The document is written in a shorthand Latin and also includes Cornish place names. If you click on the image you will be able to see a larger image.
I was lucky enough to have the help of the late H. L. Douch at the Courtney Library, Truro. He gave me a quick translation of the main points in the document which is a licence agreement on tin bounds at a place called Gweal Vean. Gweal is the Cornish word for field or work place, whilst Vean means little or small.
The bounds belonged to Henry Vingoe and he was letting them to William Borlase, the son of Joseph Borlase of St Just in Penwith, William Millett the son of Martin Millett also of St Just in Penwith and his own son Henry Vingoe Jnr. These bounds are bordered on the four sides by Carn Colwidrocke, Sowen Peddenantes, Vaan Vrease and Mean Sebmen.. The date on the document is 1703.The last two might possibly be Vean Crease & Mean Sennen, but so far we have been unable to locate any of these places today in order to find out just where the bounds were.
Further research at the Courtney Library turned up a document entitled:-
1738 AD:- "A Survey of Tin Bounds, The Property of Sam. Borlase and Others."
This is another paper discovered in the archives of the Courtney Library. The date on this document is 1783 and in it we found just one mention of the Parish of Sennen. This appertained to bounds owned by John Pascoe and others which were mined by S Borlase 1/3, I Millett 1/3 and A Pearce 1/3.
There is included a sketch map of the bounds showing it to be on Trevescan Cliff. with the tin load being shown as running North to South going out to sea to the East of Dr Syntax's Head. These Bounds took in the whole of what we would refer to as the Lands End.

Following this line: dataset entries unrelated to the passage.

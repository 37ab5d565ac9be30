// Runs document 01's small plan through `machine`, whose functions take the state by `&mut`: twice a power-up, the
// second after a cut inside a save. `lend` lends the state, and its contract says what each call leaves. A line
// to a call gives its answer, eight registers and the plan's three cells: of recovery 0 or the number of its refusal,
// of a step or a run how it ended (1 to 3 a stop and its kind, 4 budget spent, 5 no reading left, 6 output buffer
// full, or `refused` and the number), its steps, readings taken and outputs written. Last stand outputs and chip.
#![tactic(auto)]

ghost use Rattle.step.specs.State.{env_of};
ghost use Rattle.lent_run.specs.PowerUp.{PowersUp};

use journal::owners::owner_of;
use machine::Passed;
use program::refusal::Refusal;
use std::io;
use step::{Regs, State};
use word::from_bits;

// What the calls of a power-up answer, and the state that each leaves.
#[derive(Clone, Copy)]
struct Powered {
    recovered: Result<(), Refusal>,
    found: State,
    first: Result<Passed, Refusal>,
    stepped: State,
    rest: Result<Passed, Refusal>,
    state: State,
}

// A power-up on a byte chip whose MARKs name the owner: recovery, a step and a run, all on the one state that lives
// here. Here the step, at the plan's start or at a torn save, takes no reading and gives no output, so the run is lent
// the same readings and outputs.
fn lend(
    mut state: State,
    program: &[u8],
    sets: &[u64],
    journal: &mut [u8],
    readings: &[i32],
    outputs: &mut [i32],
    budget: u64,
    owner: u32,
) -> Powered
    ensures { PowersUp (env_of program.now sets.now) readings.now budget owner state journal.old outputs.old result journal.new outputs.new }
{
    let recovered = machine::recover(&mut state, program, sets, journal, 1, owner);
    let found = state;
    let first = machine::step(&mut state, program, sets, journal, readings, outputs);
    let stepped = state;
    let rest = machine::run(
        &mut state, program, sets, journal, readings, outputs, budget,
    );
    Powered {
        recovered,
        found,
        first,
        stepped,
        rest,
        state,
    }
}

// What a cut may leave in memory; recovery overwrites it.
fn spoiled() -> State {
    State {
        regs: Regs {
            pc: 3,
            exclude: 5,
            readings: 7,
            outputs: 9,
            stop: 2,
            write: 61,
            erase: 4,
            saving: 6,
            page: 1,
            owner: 8,
        },
        cells: [0xdead_beefu32; 256],
        marks: [9u8; 256],
    }
}

fn answer(rt: &impl Print, recovered: Result<(), Refusal>) -> io::Result<()> {
    let number = match recovered {
        Ok(()) => 0,
        Err(refusal) => u32::from(refusal),
    };
    print!(rt; " {number}")
}

// A refused call has no numbers, so 0 stands for each.
fn passed(rt: &impl Print, answer: Result<Passed, Refusal>) -> io::Result<()> {
    match answer {
        Ok(passed) => {
            let ended = passed.ended;
            print!(rt;
                " {ended} {} {} {}",
                passed.steps, passed.taken, passed.written
            )
        }
        Err(refusal) => {
            let number = u32::from(refusal);
            print!(rt; " refused {number} 0 0 0")
        }
    }
}

// The registers in the order of their declaration, but for the page length and the owner, which are no part of the
// bytes that a host lends, and the three cells.
fn left(rt: &impl Print, s: State) -> io::Result<()> {
    let r = s.regs;
    let cells = s.cells;
    print!(rt;
        " registers {} {} {} {}",
        r.pc, r.exclude, r.readings, r.outputs
    )?;
    print!(rt; " {} {} {} {}", r.stop, r.write, r.erase, r.saving)?;
    print!(rt;
        " cells {} {} {}\n",
        from_bits(cells[0]),
        from_bits(cells[1]),
        from_bits(cells[2])
    )
}

fn calls(rt: &impl Print, p: Powered) -> io::Result<()> {
    rt.write_all(b"recover:")?;
    answer(rt, p.recovered)?;
    left(rt, p.found)?;
    rt.write_all(b"step:")?;
    passed(rt, p.first)?;
    left(rt, p.stepped)?;
    rt.write_all(b"run:")?;
    passed(rt, p.rest)?;
    left(rt, p.state)
}

fn outputs_given(rt: &impl Print, outputs: &[i32; 3]) -> io::Result<()> {
    rt.write_all(b"outputs")?;
    for value in outputs {
        print!(rt; " {value}")?;
    }
    rt.write_all(b"\n")
}

// The bytes of a save in two hexadecimal digits each, as document 01 writes a save.
fn save(rt: &impl Print, bytes: &[u8]) -> io::Result<()> {
    rt.write_all(b"chip")?;
    for byte in bytes {
        print!(rt; " {byte:02x}")?;
    }
    rt.write_all(b"\n")
}

// The small plan on this chip, from any state.
fn power_up(rt: &impl Print, readings: &[i32], chip: &mut [u8; 72], budget: u64) -> io::Result<()> {
    let mut sets = [0u64; 512];
    sets[0] = 6;
    sets[4] = 4;
    let mut outputs = [0i32; 3];
    let plan = b"\x02\x02\x00\x00\x00\x00\x00\x07\x01\x04\x00\x00\x01\x08\x00\x0D\x0E\x09\x07\x00";
    let p = lend(
        spoiled(),
        plan,
        &sets,
        chip,
        readings,
        &mut outputs,
        budget,
        owner_of(plan),
    );
    calls(rt, p)?;
    outputs_given(rt, &outputs)?;
    for bytes in chip.chunks(24) {
        save(rt, bytes)?;
    }
    Ok(())
}

// The first budget ends where 33 bytes of saves are stored, 24 of the first and 9 of the second. The first save counts
// one reading, so after the cut the host lends from the second one on.
fn main(rt: HostRuntime) -> io::Result<()> {
    let mut chip = [0xffu8; 72];
    power_up(&rt, &[5, 7, -2], &mut chip, 44)?;
    power_up(&rt, &[7, -2], &mut chip, 1000)
}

1871:- TOOLS OF THE CORNISH MINER
The Cornish miner had to find his way through rock of a very difficult character, consisting of solid granite or elvan rock of excessive hardness. His tools were few, but well adapted to their job; consisting, besides those represented in the following engraving, of a small wedge or two of steel, known as a gad, which was driven into the rock by the round end of the pick, for the purpose of splitting and detaching portions from the mass.
No. 1. is the pick of the miner; 2. the shovel; 3. the sledge; 4.

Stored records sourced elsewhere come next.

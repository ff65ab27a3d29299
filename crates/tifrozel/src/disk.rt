// Files on disk: a shelf's file, read once, and put whole in the place of the old one after each call that lays something; and new
// files, which take no other's place.
ghost use Rattle.std.specs.Prelude.{◌≡◌, ◌≤◌, IfOk};
ghost use Rattle.tifrozel.specs.Places.{with_places};

use std::alloc::{AllocError, Global};
use std::fs::File;
use std::io::{Error, ErrorKind, Write};
use std::{fs, io, process};

// The bytes of a shelf's file; none where it is not there.
pub fn read_shelf(rt: &HostRuntime, path: &str) -> io::Result<Vec<u8>> {
    match fs::read(rt, path) {
        Err(e) if e.kind() == ErrorKind::NotFound => Ok(Vec::new(rt.alloc())),
        read => read,
    }
}

// So many places of 80 bytes: those of the file as far as they go, then zeros.
pub fn places(heap: Global, file: &[u8], limit: usize) -> Result<Vec<u8>, AllocError>
    requires { limit ≤ 500000 }
    ensures { IfOk result (λ b. b.items ≡ with_places limit file.now) }
{
    let kept = &file[..file.len().min(80 * limit)];
    let mut bytes = Vec::new(heap);
    bytes.extend_from_slice(kept)?;
    bytes.resize(80 * limit, 0)?;
    Ok(bytes)
}

// The folder that a file lies in.
fn folder_of(path: &str) -> &str {
    match path.rsplit_once('/') {
        None => ".",
        Some(("", _)) => "/",
        Some((folder, _)) => folder,
    }
}

// Where the file itself lies, if it is there and the path leads to it by a link.
fn target_of(rt: &HostRuntime, path: &str) -> io::Result<String> {
    match fs::canonicalize(rt, path) {
        Ok(target) => Ok(String::from_str(rt.alloc(), target.as_str())?),
        Err(e) if e.kind() == ErrorKind::NotFound => Ok(String::from_str(rt.alloc(), path)?),
        Err(e) => Err(e),
    }
}

// The length of a file; 0 where it is not there.
fn size_of(rt: &HostRuntime, path: &str) -> io::Result<u64> {
    match fs::metadata(rt, path) {
        Ok(found) => Ok(found.len()),
        Err(e) if e.kind() == ErrorKind::NotFound => Ok(0),
        Err(e) => Err(e),
    }
}

// What the name of an unfinished file has in it: a shelf's file until it takes the old one's place, and a new file until it gets its
// name. A shelf's file of such a name that an earlier run left is written over, so no shelf should be called so.
const UNFINISHED: &str = ".tifrozel-unfinished";

// Puts the bytes in the place of a file that was `known` bytes long: written beside it, synced, then renamed. Whoever else
// works at a shelf in that folder waits meanwhile, and a file that is not as long as it was is left as it is.
pub fn replace(rt: &HostRuntime, path: &str, known: usize, bytes: &[u8]) -> io::Result<()> {
    let target = target_of(rt, path)?;
    let target = target.as_str();
    let folder = File::open(rt, folder_of(target))?;
    folder.lock()?;
    if size_of(rt, target)? != known as u64 {
        return Err(Error::new(ErrorKind::Other, "it has changed meanwhile"));
    }
    let beside = format!(in rt.alloc(); "{target}{UNFINISHED}")?;
    let mut file = File::create(rt, beside.as_str())?;
    if let Ok(found) = fs::metadata(rt, target) {
        file.set_permissions(found.permissions())?;
    }
    file.write_all(bytes)?;
    file.sync_all()?;
    fs::rename(rt, beside.as_str(), target)?;
    folder.sync_all()
}

// What came of writing a new file.
#[derive(Clone, Copy, Debug, PartialEq, Eq)]
pub enum Created {
    New,
    // something has its name already, and was left as it is
    There,
}

// Writes the bytes to a file that has just been made, and gives it this name as well, unless something has that name.
fn write_and_name(
    rt: &HostRuntime,
    mut file: File,
    beside: &str,
    path: &str,
    bytes: &[u8],
) -> io::Result<Created> {
    file.write_all(bytes)?;
    file.sync_all()?;
    match fs::hard_link(rt, beside, path) {
        Ok(()) => Ok(Created::New),
        Err(e) if e.kind() == ErrorKind::AlreadyExists => Ok(Created::There),
        Err(e) => Err(e),
    }
}

// Writes a new file with these bytes, whole or not at all: written under a name of this process's own, synced, and only then given
// its name as well. Whether something has that name is asked first, so that nothing is written in vain. Giving the name fails too
// where something has it, be it a link that leads nowhere, so what has come meanwhile is not lost.
pub fn create(rt: &HostRuntime, path: &str, bytes: &[u8]) -> io::Result<Created> {
    if fs::symlink_metadata(rt, path).is_ok() {
        return Ok(Created::There);
    }
    if path.ends_with(UNFINISHED) {
        return Err(Error::new(
            ErrorKind::InvalidInput,
            "a shelf that is being written has such a name",
        ));
    }
    let name = folder_of(path);
    let folder = File::open(rt, name)?;
    folder.lock()?;
    let id = process::id(rt.process());
    let beside = format!(in rt.alloc(); "{name}/{UNFINISHED}-{id}")?;
    let beside = beside.as_str();
    let file = File::create_new(rt, beside)?;
    let created = write_and_name(rt, file, beside, path, bytes);
    // where this fails the file is whole all the same
    let _ = fs::remove_file(rt, beside);
    let created = created?;
    folder.sync_all()?;
    Ok(created)
}

#[cfg(test)]
mod tests {
    use super::{Created, create, read_shelf, replace, write_and_name};
    use std::fs::File;
    use std::os::unix::fs::symlink;
    use std::{env, fs, io, process};

    // What was written is read back whole, a second writing takes the place of the first, and one that knows the file
    // otherwise leaves it as it is.
    #[test]
    fn written_and_read_back(rt: HostRuntime) -> io::Result<()> {
        let folder = env::temp_dir(&rt)?;
        let folder = folder.as_str();
        let id = process::id(rt.process());
        let path = format!(in rt.alloc(); "{folder}/tifrozel-{id}.shelf")?;
        let path = path.as_str();
        assert_eq!(rt; read_shelf(&rt, path)?.len(), 0);
        replace(&rt, path, 0, &[b'1'; 80])?;
        replace(&rt, path, 80, &[b'2'; 160])?;
        assert!(rt; replace(&rt, path, 80, &[b'3'; 240]).is_err());
        let bytes = read_shelf(&rt, path)?;
        fs::remove_file(&rt, path)?;
        assert_eq!(rt; bytes.len(), 160);
        assert!(rt; bytes.iter().all(|byte| *byte == b'2'));
        Ok(())
    }

    // A folder of this test's own, new and empty.
    fn fresh_folder(rt: &HostRuntime, name: &str) -> io::Result<String> {
        let folder = env::temp_dir(rt)?;
        let folder = folder.as_str();
        let id = process::id(rt.process());
        let path = format!(in rt.alloc(); "{folder}/tifrozel-{name}-{id}")?;
        fs::create_dir(rt, path.as_str())?;
        Ok(path)
    }

    // A new file has all the bytes, and nothing is left beside it.
    #[test]
    fn new_file(rt: HostRuntime) -> io::Result<()> {
        let folder = fresh_folder(&rt, "new")?;
        let folder = folder.as_str();
        let path = format!(in rt.alloc(); "{folder}/copy")?;
        let path = path.as_str();
        assert_eq!(rt; create(&rt, path, &[b'1'; 164])?, Created::New);
        let bytes = fs::read(&rt, path)?;
        fs::remove_file(&rt, path)?;
        fs::remove_dir(&rt, folder)?;
        assert_eq!(rt; bytes.as_slice(), [b'1'; 164].as_slice());
        Ok(())
    }

    // What has the name is left as it was, a folder too, and nothing is left beside it.
    #[test]
    fn name_taken(rt: HostRuntime) -> io::Result<()> {
        let folder = fresh_folder(&rt, "taken")?;
        let folder = folder.as_str();
        let path = format!(in rt.alloc(); "{folder}/copy")?;
        let path = path.as_str();
        assert_eq!(rt; create(&rt, path, b"first")?, Created::New);
        assert_eq!(rt; create(&rt, path, b"second")?, Created::There);
        assert_eq!(rt; create(&rt, folder, b"second")?, Created::There);
        let bytes = fs::read(&rt, path)?;
        fs::remove_file(&rt, path)?;
        fs::remove_dir(&rt, folder)?;
        assert_eq!(rt; bytes.as_slice(), b"first".as_slice());
        Ok(())
    }

    // What came to have the name only after it was asked for is left as it was: a file, and a link that leads nowhere.
    #[test]
    fn name_taken_meanwhile(rt: HostRuntime) -> io::Result<()> {
        let folder = fresh_folder(&rt, "meanwhile")?;
        let folder = folder.as_str();
        let path = format!(in rt.alloc(); "{folder}/copy")?;
        let path = path.as_str();
        let link = format!(in rt.alloc(); "{folder}/link")?;
        let link = link.as_str();
        let beside = format!(in rt.alloc(); "{folder}/beside")?;
        let beside = beside.as_str();
        assert_eq!(rt; create(&rt, path, b"first")?, Created::New);
        symlink(&rt, "nowhere", link)?;
        let file = File::create_new(&rt, beside)?;
        let answer = write_and_name(&rt, file, beside, path, b"second")?;
        assert_eq!(rt; answer, Created::There);
        assert!(rt; fs::exists(&rt, beside)?);
        fs::remove_file(&rt, beside)?;
        let file = File::create_new(&rt, beside)?;
        let answer = write_and_name(&rt, file, beside, link, b"second")?;
        assert_eq!(rt; answer, Created::There);
        assert!(rt; fs::symlink_metadata(&rt, link)?.is_symlink());
        let bytes = fs::read(&rt, path)?;
        fs::remove_file(&rt, beside)?;
        fs::remove_file(&rt, link)?;
        fs::remove_file(&rt, path)?;
        fs::remove_dir(&rt, folder)?;
        assert_eq!(rt; bytes.as_slice(), b"first".as_slice());
        Ok(())
    }

    // A link is left as it was, and so is what it leads to, or that there is nothing.
    #[test]
    fn link_taken(rt: HostRuntime) -> io::Result<()> {
        let folder = fresh_folder(&rt, "link")?;
        let folder = folder.as_str();
        let path = format!(in rt.alloc(); "{folder}/copy")?;
        let path = path.as_str();
        let link = format!(in rt.alloc(); "{folder}/link")?;
        let link = link.as_str();
        symlink(&rt, path, link)?;
        assert_eq!(rt; create(&rt, link, b"second")?, Created::There);
        assert!(rt; !fs::exists(&rt, path)?);
        assert_eq!(rt; create(&rt, path, b"first")?, Created::New);
        assert_eq!(rt; create(&rt, link, b"second")?, Created::There);
        assert!(rt; fs::symlink_metadata(&rt, link)?.is_symlink());
        let bytes = fs::read(&rt, path)?;
        fs::remove_file(&rt, link)?;
        fs::remove_file(&rt, path)?;
        fs::remove_dir(&rt, folder)?;
        assert_eq!(rt; bytes.as_slice(), b"first".as_slice());
        Ok(())
    }

    // A name that a shelf has while it is being written is taken by no copy, though nothing has it.
    #[test]
    fn name_of_unfinished(rt: HostRuntime) -> io::Result<()> {
        let folder = fresh_folder(&rt, "unfinished")?;
        let folder = folder.as_str();
        let path = format!(in rt.alloc(); "{folder}/estate.shelf.tifrozel-unfinished")?;
        let path = path.as_str();
        let created = create(&rt, path, b"first");
        let there = fs::exists(&rt, path)?;
        fs::remove_dir(&rt, folder)?;
        assert!(rt; created.is_err());
        assert!(rt; !there);
        Ok(())
    }

    // Where there is no such folder, the file cannot be written.
    #[test]
    fn no_folder(rt: HostRuntime) -> io::Result<()> {
        let folder = fresh_folder(&rt, "none")?;
        let folder = folder.as_str();
        let path = format!(in rt.alloc(); "{folder}/none/copy")?;
        let created = create(&rt, path.as_str(), b"first");
        fs::remove_dir(&rt, folder)?;
        assert!(rt; created.is_err());
        Ok(())
    }
}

the borer; 5. the claying bar; 6. the
needle, called by some the nail; 7. the scraper; 8. the tamping bar; and 9. the
tin cartridge, for blasting where the rock is wet: add to these a horn to carry
his gunpowder, rushes to supply him with fuses, and a little touch-paper, or
slow fuse and you have the equipment used by the Cornish miner.
Anyone walking the coast path from Lands End to Porthcurnow will pass the Nanjizal mine. Most will not even notice the workings as their eyes will be on the beautiful scenery around the Bay. Just when this mining commenced is unknown but it was in production in 1845 when Joseph Carne presented a paper at the Royal Geological Society of Cornwall. The following report comes from the Mining Gazette of the 8th of November 1845.
"SINGULAR DEPOSIT OF TIN ORE AT NANGIZELL COVE, NEAR THE LANDS END"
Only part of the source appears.